== Study material ==
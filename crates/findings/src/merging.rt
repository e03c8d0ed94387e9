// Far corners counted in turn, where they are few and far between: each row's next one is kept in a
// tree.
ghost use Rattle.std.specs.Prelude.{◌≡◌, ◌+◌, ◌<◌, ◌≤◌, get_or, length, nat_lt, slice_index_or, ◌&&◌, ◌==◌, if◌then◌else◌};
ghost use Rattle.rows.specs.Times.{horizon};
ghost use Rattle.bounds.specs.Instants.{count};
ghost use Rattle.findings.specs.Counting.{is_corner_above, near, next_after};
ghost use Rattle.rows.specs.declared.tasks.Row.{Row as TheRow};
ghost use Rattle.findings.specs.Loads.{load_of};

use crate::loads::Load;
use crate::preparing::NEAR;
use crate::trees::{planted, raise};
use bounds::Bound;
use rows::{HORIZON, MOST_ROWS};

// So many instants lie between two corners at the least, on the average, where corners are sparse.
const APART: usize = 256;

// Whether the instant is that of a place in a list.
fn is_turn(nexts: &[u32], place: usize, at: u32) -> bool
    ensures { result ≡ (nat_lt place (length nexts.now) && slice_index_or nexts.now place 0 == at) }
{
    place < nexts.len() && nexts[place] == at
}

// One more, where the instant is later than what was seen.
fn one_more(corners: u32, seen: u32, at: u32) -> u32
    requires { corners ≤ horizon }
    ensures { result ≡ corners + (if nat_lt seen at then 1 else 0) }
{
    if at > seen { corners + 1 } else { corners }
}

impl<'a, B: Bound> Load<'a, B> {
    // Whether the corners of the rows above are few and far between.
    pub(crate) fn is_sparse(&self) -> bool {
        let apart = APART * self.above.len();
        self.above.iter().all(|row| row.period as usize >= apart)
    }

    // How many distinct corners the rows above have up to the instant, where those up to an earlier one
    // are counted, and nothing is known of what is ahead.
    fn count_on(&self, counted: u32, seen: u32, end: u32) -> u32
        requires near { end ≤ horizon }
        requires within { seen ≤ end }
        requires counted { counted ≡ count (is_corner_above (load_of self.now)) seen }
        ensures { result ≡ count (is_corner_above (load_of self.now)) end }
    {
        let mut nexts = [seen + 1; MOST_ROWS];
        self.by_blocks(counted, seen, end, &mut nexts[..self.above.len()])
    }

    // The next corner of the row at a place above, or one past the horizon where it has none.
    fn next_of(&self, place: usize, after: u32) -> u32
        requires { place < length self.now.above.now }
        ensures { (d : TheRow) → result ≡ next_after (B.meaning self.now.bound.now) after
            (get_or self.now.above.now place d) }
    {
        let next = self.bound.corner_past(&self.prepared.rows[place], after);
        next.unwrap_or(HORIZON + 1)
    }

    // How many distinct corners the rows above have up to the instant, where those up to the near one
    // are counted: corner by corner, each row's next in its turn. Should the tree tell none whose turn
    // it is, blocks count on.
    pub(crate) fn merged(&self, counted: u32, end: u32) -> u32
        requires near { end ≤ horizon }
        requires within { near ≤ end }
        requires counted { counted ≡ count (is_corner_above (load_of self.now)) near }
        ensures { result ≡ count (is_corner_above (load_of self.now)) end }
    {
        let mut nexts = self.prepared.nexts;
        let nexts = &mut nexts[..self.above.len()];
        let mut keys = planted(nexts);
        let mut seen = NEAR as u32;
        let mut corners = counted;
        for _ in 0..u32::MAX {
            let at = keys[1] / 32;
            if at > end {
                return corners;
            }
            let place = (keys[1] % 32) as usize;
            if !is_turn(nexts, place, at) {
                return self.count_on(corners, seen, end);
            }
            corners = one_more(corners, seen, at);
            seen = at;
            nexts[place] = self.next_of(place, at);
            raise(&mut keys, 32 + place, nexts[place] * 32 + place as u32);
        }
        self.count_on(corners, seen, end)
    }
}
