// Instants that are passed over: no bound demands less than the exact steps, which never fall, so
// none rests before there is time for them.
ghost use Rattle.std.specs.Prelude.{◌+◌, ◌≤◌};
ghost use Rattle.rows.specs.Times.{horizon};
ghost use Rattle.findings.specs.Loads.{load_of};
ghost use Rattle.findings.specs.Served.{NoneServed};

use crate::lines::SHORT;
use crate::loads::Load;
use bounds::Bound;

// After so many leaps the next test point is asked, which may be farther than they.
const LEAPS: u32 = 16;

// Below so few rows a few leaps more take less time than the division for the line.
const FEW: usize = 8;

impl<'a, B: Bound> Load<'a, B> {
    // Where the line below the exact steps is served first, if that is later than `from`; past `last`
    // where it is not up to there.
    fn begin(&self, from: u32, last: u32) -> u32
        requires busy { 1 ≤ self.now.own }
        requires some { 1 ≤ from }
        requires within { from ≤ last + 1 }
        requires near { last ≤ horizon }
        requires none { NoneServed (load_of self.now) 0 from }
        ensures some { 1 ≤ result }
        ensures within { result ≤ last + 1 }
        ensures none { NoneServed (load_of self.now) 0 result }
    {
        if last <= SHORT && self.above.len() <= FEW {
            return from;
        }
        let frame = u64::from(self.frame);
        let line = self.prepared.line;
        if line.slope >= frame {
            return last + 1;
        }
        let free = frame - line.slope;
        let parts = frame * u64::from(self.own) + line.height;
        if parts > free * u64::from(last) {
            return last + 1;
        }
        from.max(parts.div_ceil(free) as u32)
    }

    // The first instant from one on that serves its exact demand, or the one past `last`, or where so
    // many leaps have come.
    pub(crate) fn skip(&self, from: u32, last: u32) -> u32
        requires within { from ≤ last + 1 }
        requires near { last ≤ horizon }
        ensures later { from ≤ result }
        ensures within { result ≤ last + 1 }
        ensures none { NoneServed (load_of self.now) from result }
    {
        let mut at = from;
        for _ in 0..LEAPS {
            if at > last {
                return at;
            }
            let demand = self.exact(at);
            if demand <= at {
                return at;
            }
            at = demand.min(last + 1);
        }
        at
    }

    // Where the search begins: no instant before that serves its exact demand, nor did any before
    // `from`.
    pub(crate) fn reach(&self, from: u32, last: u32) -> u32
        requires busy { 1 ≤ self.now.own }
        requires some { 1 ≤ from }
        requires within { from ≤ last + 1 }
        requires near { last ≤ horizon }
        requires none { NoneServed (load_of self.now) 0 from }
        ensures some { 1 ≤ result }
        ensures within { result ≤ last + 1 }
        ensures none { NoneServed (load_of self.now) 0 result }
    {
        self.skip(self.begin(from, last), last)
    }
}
===
■ **Assignment**:
State how many lines of the records contain the string "parts". The number is the whole answer.

■ **Answer space**:
3